Poison ivy (Toxicodendron radicans) and Japanese honeysuckle (Lonicera japonica) are often abundant and grow in thickets. Shrubs include arrowwood (Viburnum dentatum), spicebush (Lindera benzoin), highbush blueberry (Vaccinium corymbosum), sweet pepperbush (Clethra alnifolia), and swamp azalea.

===Grasslands===
The region also contains areas of maritime grassland on Martha's Vineyard, Nantucket, and out at the tip of Long Island that are unique in the United States (see Conscience Point National Wildlife Refuge for an example).

==Fauna==
Wildlife adapted to this environment includes the Pine Barrens tree frog, Plymouth red-bellied turtle and the extinct heath hen. The beaches of these coasts are important breeding grounds for piping plovers (especially on Cape Cod, Martha's Vineyard, Nantucket, and Long Island) and roseate terns (especially on Bird Island).

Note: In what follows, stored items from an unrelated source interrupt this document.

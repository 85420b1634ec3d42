//! Why a volume is not made.
ghost use Rattle.std.specs.Prelude.{◌≡◌, ◌≤◌, false, length, IfNone};
ghost use Rattle.std.specs.Bool.{OnTrue};
ghost use Rattle.vol_init.specs.Layouts.{IsLayout, reserved_clusters, total};
ghost use Rattle.vol_init.specs.Refusals.{is_cluster, are_files, is_label, is_too_small, refusal};

use crate::Layout;
use base_words::names::is_part;
use blk_drive::ImageFault as WriteFault;
use std::alloc::AllocError;
use thiserror::Error;

/// Why a volume was not made. Of the first four the first in this order is told.
#[derive(Debug, Clone, Copy, PartialEq, Error)]
pub enum InitFault {
    /// The cluster factor is outside 1 to 16.
    #[error("bad cluster")]
    BadCluster,
    /// The file numbers are outside 32 to 4,096.
    #[error("bad files")]
    BadFiles,
    /// The label is not 1 to 12 characters of A to Z, 0 to 9, `$`, `_` and `-`.
    #[error("bad label")]
    BadLabel,
    /// The system files need more clusters than the image has.
    #[error("too small")]
    TooSmall,
    /// Memory ran out.
    #[error("no memory")]
    NoMemory,
    /// A write of the image failed, and the image has counted it.
    #[error("image fault")]
    ImageFault,
}

impl From<WriteFault> for InitFault {
    ghost use Rattle.vol_init.specs.declared.fault.InitFault.TheVariants.{ImageFault};

    ghost from_gives = { λ _ fault. fault ≡ ImageFault };

    fn from(_fault: WriteFault) -> InitFault {
        InitFault::ImageFault
    }
}

impl From<AllocError> for InitFault {
    ghost use Rattle.vol_init.specs.declared.fault.InitFault.TheVariants.{NoMemory};

    ghost from_gives = { λ _ fault. fault ≡ NoMemory };

    fn from(_error: AllocError) -> InitFault {
        InitFault::NoMemory
    }
}

#[tactic(auto, unfolding(crate::specs::Refusals::is_cluster))]
fn is_cluster(cluster: u32) -> bool
    ensures value { result ≡ is_cluster cluster }
    ensures limits { OnTrue result ((1 ≤ cluster) × (cluster ≤ 16)) }
{
    1 <= cluster && cluster <= 16
}

#[tactic(auto, unfolding(crate::specs::Refusals::are_files))]
fn are_files(files: u32) -> bool
    ensures value { result ≡ are_files files }
    ensures limits { OnTrue result ((32 ≤ files) × (files ≤ 4096)) }
{
    32 <= files && files <= 4096
}

#[tactic(auto, unfolding(crate::specs::Refusals::is_label))]
fn is_label(label: &[u8]) -> bool
    ensures value { result ≡ is_label label.now }
    ensures short { OnTrue result (length label.now ≤ 12) }
{
    1 <= label.len() && label.len() <= 12 && is_part(label)
}

#[tactic(auto, unfolding(crate::specs::Refusals::is_too_small))]
fn is_too_small(layout: &Layout) -> bool
    requires { IsLayout layout.now }
    ensures value { result ≡ is_too_small layout.now }
    ensures room { result ≡ false → reserved_clusters layout.now ≤ total layout.now }
{
    layout.blocks / layout.cluster < layout.reserved_clusters()
}

/// Why a volume of this layout and label is not made, or none where it can be. The image has 64 to 65,536 blocks.
#[tactic(auto, unfolding(crate::specs::Refusals::refusal))]
pub(crate) fn refusal(layout: &Layout, label: &[u8]) -> Option<InitFault>
    requires low { 64 ≤ layout.now.blocks }
    requires high { layout.now.blocks ≤ 65536 }
    ensures value { result ≡ refusal layout.now label.now }
    ensures layout { IfNone result (IsLayout layout.now) }
    ensures room { IfNone result (reserved_clusters layout.now ≤ total layout.now) }
    ensures label { IfNone result (length label.now ≤ 12) }
{
    if !is_cluster(layout.cluster) {
        Some(InitFault::BadCluster)
    } else if !are_files(layout.files) {
        Some(InitFault::BadFiles)
    } else if !is_label(label) {
        Some(InitFault::BadLabel)
    } else if is_too_small(layout) {
        Some(InitFault::TooSmall)
    } else {
        None
    }
}
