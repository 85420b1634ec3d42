//! Making a volume: what a fresh volume is, and its system files written into the blocks of a drive.
//!
//! `Layout` has the cluster factor, the file numbers and the blocks of a volume, from which all places follow. `init` makes the
//! volume, and `InitFault` says why it was refused.
//!
//! ```text
//! init(alloc, &mut mirror, 4, 64, b"KVOL")?;  // cluster factor, file numbers, label
//! ```
//!
//! Ok comes with exactly a fresh volume (`ok`), which is accepted (`accepted`), in memory and on the image (`image`). A refusal
//! comes exactly if a number or the label is outside its limits or the image is too small, and changes nothing (`refused`,
//! `same`). After a failed write the image has the old blocks, or no home block that can be read, or the whole new volume
//! (`fault`). Laws: a fresh volume is accepted, with the catalogue of a fresh volume (`fresh_volumes_are_accepted`); all but its
//! system files is free (`fresh_volumes_have_room`).
//!
//! `main_entries` and `main_blocks` give what a master file directory says that names the eleven system files alone.
//!
//! The job `init` of the top calls uses it.
#![tactic(auto)]

mod blocks;
mod fault;
mod laws;
mod layout;
mod making;
mod naming;
mod part;
mod plan;
mod system_texts;

pub use fault::InitFault;
pub use laws::{
    fresh_volumes_are_accepted, fresh_volumes_have_room, ordered_blocks_have_no_doubles,
};
pub use layout::{Layout, SYSTEM_OWNER, USER_OWNER};
pub use making::init;
pub use naming::{main_blocks, main_entries};
pub use system_texts::text_of;
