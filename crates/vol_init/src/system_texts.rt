//! The names that the headers of the system files have.

ghost use Rattle.std.specs.Prelude.{◌≡◌, ◌≤◌};
ghost use Rattle.vol_init.specs.Layouts.{text_of};

/// The text that the header of the system file of a number, 1 to 11, has for its name: `NAME.TYP` and version 1.
#[tactic(auto, unfolding(crate::specs::Layouts::text_of, plain_rules::specs::Mending::system_names))]
pub fn text_of<'a>(n: u32) -> &'a [u8]
    requires from { 1 ≤ n }
    requires to { n ≤ 11 }
    ensures { result.now ≡ text_of n }
{
    match n {
        1 => b"INDEXF.SYS;1",
        2 => b"BITMAP.SYS;1",
        3 => b"BADBLK.SYS;1",
        4 => b"000000.DIR;1",
        5 => b"CORIMG.SYS;1",
        6 => b"VOLSET.SYS;1",
        7 => b"CONTIN.SYS;1",
        8 => b"BACKUP.SYS;1",
        9 => b"BADLOG.SYS;1",
        10 => b"QUOTA.SYS;1",
        _ => b"SYSLOST.DIR;1",
    }
}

==Threats and preservation==
The pine barrens ecosystems have been severely damaged by urban developments as the east coast has become built up with housing, including vacation and retirement properties. Only about 10% of original habitat remains and is very fragmented. Blocks of remaining habitat include: the New Jersey Pine Barrens; Albany Pine Bush and Long Island Central Pine Barrens in New York; and the Massachusetts Coastal Pine Barrens with concentrations in Myles Standish State Forest, Manuel F. Correllus State Forest on Martha's Vineyard, Cape Cod National Seashore and Joint Base Cape Cod and the Mashpee Wampanoag Indian Reservation in Massachusetts. These areas are now well conserved.